The Epstein scandal suggests that everything awful we’ve ever believed is true
It was odd, for many reasons, to be a journalist in 2016 and 2017, just after the election of Donald Trump. Part of the oddness was that seemingly every story had to include him. If a reporter travelled somewhere to gather material on something apparently unrelated—a natural disaster, a sporting event, a scientific discovery—it felt important to explore whether the people who lived there had voted for Trump, and why. Writing about individuals, one found it crucial to note whether they liked Trump. His rise was connected to so many aspects of modern American life, from reality television and information technology to gender politics and deindustrialization, that weaving it in seemed not just natural but inevitable. We were in Trump’s America, and so to understand Trumpism was to understand the country, and vice versa. That’s an intellectual way of putting it. From another perspective, Trumpism was a mood that infected everything; it still is.
One of the central contentions of Trump’s movement was that the world was run by a corrupt, deviant, and rootless élite, a cabal of cosmopolitan globalists who held themselves out as enlightened but were actually callous, self-interested, and predatory. (Trump positioned himself as an alternative to this group: if the rich weren’t like you and me, he was the exception.) Another Trumpist tenet was that our society had become lawless, its justice system far too lenient. (He promised rough justice: “Lock her up!”) Yet another was that the technocratic experts were part of a deep state, and weren’t telling the truth. (He knew better.) And then there was a claim about power, which was to be enjoyed and employed nakedly, in place of the nuanced manipulations of norms and bureaucracies.
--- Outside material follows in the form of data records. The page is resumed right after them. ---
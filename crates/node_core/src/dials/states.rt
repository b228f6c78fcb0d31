//! What a dial does at the states of a takeover.
ghost use Rattle.std.specs.Prelude.{◌≡◌, ◌++◌, OnOk, OnErr};
ghost use Rattle.{node_core.specs.Calls.{own_lines}, vb_calls.specs.Jobs.{RanJob, BeganJob}, vb_calls.specs.Programs.{Ran, Began}};
ghost use Rattle.node_core.specs.Dials.{with_line, role_line, state_met, pend_called, pend_result, pended, heir_told, noted_for, own_replied, own_result, owned, state_made};

use crate::Alloc;
use crate::dials::DialTurn;
use crate::dials::replies::{is_done, is_pending};
use dcp_consumer::{Dialed, TakeStep};
use vb_calls::{Journals, VbAccess, VbAnswer, VbCall, VbReply, Wrote};
use vb_events::{EndReason, Event};
use vb_types::Role;

impl DialTurn {
    /// Answers the state of this opaque, which the vBucket obeyed; no line tells of the answer.
    fn answer_state(&mut self, opaque: u32) -> Alloc<()>
        ensures ok { OnOk result (self.new ≡ state_met opaque self.old) }
        ensures link { self.new.dial.consumer.dialed ≡ self.old.dial.consumer.dialed }
    {
        self.consumer.answer_state(opaque, &mut self.out)
    }

    /// Tells that the vBucket has another role.
    fn tell_role(&mut self, role: Role) -> Alloc<()>
        ensures ok { OnOk result (self.new ≡ with_line self.old (role_line self.old.dial.consumer.dialed role)) }
        ensures link { self.new.dial.consumer.dialed ≡ self.old.dial.consumer.dialed }
    {
        let Dialed { node, vb, .. } = self.consumer.dialed();
        self.events.push(Event::Role { node, vb, role })
    }

    /// Tells that the vBucket is to take over, unless it was to already, and answers the state. One that
    /// refused ends the link.
    fn pend_result(&mut self, opaque: u32, before: bool, reply: &Option<VbReply>) -> Alloc<()>
        ensures ok { OnOk result (self.new ≡ pend_result opaque before self.old reply.now) }
        ensures link { self.new.dial.consumer.dialed ≡ self.old.dial.consumer.dialed }
    {
        if !is_done(reply) {
            return self.break_off(EndReason::Protocol);
        }
        if !before {
            self.tell_role(Role::Pending)?;
        }
        self.answer_state(opaque)
    }

    /// Has the vBucket be about to take over, which it was already or was not.
    #[tactic(auto, using(vb_calls::proofs::Runs::runs))]
    fn call_pend<A: VbAccess>(&mut self, vbs: &mut A, opaque: u32, before: bool) -> Alloc<()>
        ensures ok { OnOk result (Ran A.step (pend_called opaque before self.old) vbs.old self.new vbs.new) }
        ensures err { OnErr result (Began A.step (pend_called opaque before self.old) vbs.old vbs.new) }
        ensures link { self.new.dial.consumer.dialed ≡ self.old.dial.consumer.dialed }
    {
        let reply = vbs.call(self.consumer.dialed().vb, VbCall::Pend)?;
        let told = self.pend_result(opaque, before, &reply);
        drop(reply);
        told
    }

    /// Asks the vBucket whether it is about to take over already, and has it be so.
    #[tactic(auto, using(vb_calls::proofs::Runs::runs), unfolding(crate::specs::Dials::pended))]
    fn pend<A: VbAccess>(&mut self, vbs: &mut A, opaque: u32) -> Alloc<()>
        ensures ok { OnOk result (Ran A.step (pended opaque self.old) vbs.old self.new vbs.new) }
        ensures err { OnErr result (Began A.step (pended opaque self.old) vbs.old vbs.new) }
        ensures link { self.new.dial.consumer.dialed ≡ self.old.dial.consumer.dialed }
    {
        let shown = vbs.call(self.consumer.dialed().vb, VbCall::Show)?;
        let before = is_pending(&shown);
        drop(shown);
        self.call_pend(vbs, opaque, before)
    }

    /// A line for each change that the vBucket made at once.
    fn tell_own(&mut self, reply: &VbReply) -> Alloc<()>
        ensures ok { OnOk result (self.new ≡ record self.old { events = self.old.events ++ own_lines self.old.dial.consumer.dialed.node self.old.dial.consumer.dialed.vb reply.now }) }
        ensures link { self.new.dial.consumer.dialed ≡ self.old.dial.consumer.dialed }
    {
        let Dialed { node, vb, .. } = self.consumer.dialed();
        for change in reply.changes.as_slice() {
            let change = change.copy()?;
            self.events.push(Event::Changed {
                node,
                vb,
                uuid: reply.branch,
                change,
            })?;
        }
        Ok(())
    }

    /// Tells that the vBucket took over, and what it changed at once.
    fn tell_heir(&mut self, reply: &VbReply) -> Alloc<()>
        ensures ok { OnOk result (self.new ≡ heir_told reply.now self.old) }
        ensures link { self.new.dial.consumer.dialed ≡ self.old.dial.consumer.dialed }
    {
        self.tell_role(Role::Active)?;
        self.tell_own(reply)
    }

    /// Ends the link where the vBucket's role could not be written down.
    fn end_unwritten(&mut self, wrote: Wrote)
        ensures { self.new ≡ noted_for wrote self.old }
    {
        match wrote {
            Wrote::Stood | Wrote::NotAsked => {}
            Wrote::Closed | Wrote::DiskFailed => self.consumer.end(EndReason::Disk),
        }
    }

    /// Tells what came of a takeover, and answers the state where the vBucket took over, whatever became
    /// of its record. One that refused ends the link.
    fn own_replied(&mut self, opaque: u32, wrote: Wrote, reply: &VbReply) -> Alloc<()>
        ensures ok { OnOk result (self.new ≡ own_replied opaque self.old wrote reply.now) }
        ensures link { self.new.dial.consumer.dialed ≡ self.old.dial.consumer.dialed }
    {
        match &reply.answer {
            VbAnswer::Done => {
                self.tell_heir(reply)?;
                self.answer_state(opaque)?;
                self.end_unwritten(wrote);
                Ok(())
            }
            _ => self.break_off(EndReason::Protocol),
        }
    }

    /// The same, where there is such a vBucket; else the link is over.
    fn own_result(&mut self, opaque: u32, reply: &Option<VbReply>, wrote: Wrote) -> Alloc<()>
        ensures ok { OnOk result (self.new ≡ own_result opaque self.old reply.now wrote) }
        ensures link { self.new.dial.consumer.dialed ≡ self.old.dial.consumer.dialed }
    {
        match reply {
            Some(reply) => self.own_replied(opaque, wrote, reply),
            None => self.break_off(EndReason::Protocol),
        }
    }

    /// Has the vBucket take over, and its role be written down.
    #[tactic(auto, using(vb_calls::proofs::JobRuns::jobs), unfolding(crate::specs::Dials::owned))]
    fn own<A: VbAccess, J: Journals>(
        &mut self,
        vbs: &mut A,
        disks: &mut J,
        opaque: u32,
    ) -> Alloc<()>
        ensures ok { OnOk result (RanJob A.step J.asks (owned opaque self.old) vbs.old disks.old self.new vbs.new disks.new) }
        ensures err { OnErr result (BeganJob A.step J.asks (owned opaque self.old) vbs.old disks.old vbs.new disks.new) }
        ensures link { self.new.dial.consumer.dialed ≡ self.old.dial.consumer.dialed }
    {
        let (reply, wrote) = disks.turn_role(self.consumer.dialed().vb, VbCall::Own, vbs)?;
        let told = self.own_result(opaque, &reply, wrote);
        drop(reply);
        told
    }

    /// Has the vBucket do what a state asks for.
    #[tactic(auto, using(vb_calls::proofs::JobRuns::jobs))]
    pub(crate) fn obey<A: VbAccess, J: Journals>(
        &mut self,
        vbs: &mut A,
        disks: &mut J,
        take: TakeStep,
        opaque: u32,
    ) -> Alloc<()>
        ensures ok { OnOk result (RanJob A.step J.asks (state_made take opaque self.old) vbs.old disks.old self.new vbs.new disks.new) }
        ensures err { OnErr result (BeganJob A.step J.asks (state_made take opaque self.old) vbs.old disks.old vbs.new disks.new) }
        ensures link { self.new.dial.consumer.dialed ≡ self.old.dial.consumer.dialed }
    {
        match take {
            TakeStep::Pend => self.pend(vbs, opaque),
            TakeStep::Own => self.own(vbs, disks, opaque),
        }
    }
}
This wasn’t exactly an unprecedented mix of ideas, and yet, just a year or two earlier, it hadn’t been anywhere close to taking over America. How had it ascended so quickly? I started seeing Trumpism’s arrival through the metaphor of a kaleidoscope. In the ones my kids own, translucent plastic pieces tumble into new designs as the barrel rotates, creating patterns that, after periods of hesitation, click into place. Politics, I came to think, were a kind of dark kaleidoscope. Familiar fears and anxieties shifted until they assumed novel, captivating configurations. Trumpism was such a pattern. It was a grim vision of society that didn’t make sense logically but, for some, held together for reasons of emotion or identity. If there really was a class of unaccountable, libertine global élites plundering the world, then wasn’t Trump obviously a member? You weren’t bothered by such questions if you liked what you saw through the kaleidoscope. For you, Trump was the one spinning the barrel—an observer of the pattern, rather than a part of it.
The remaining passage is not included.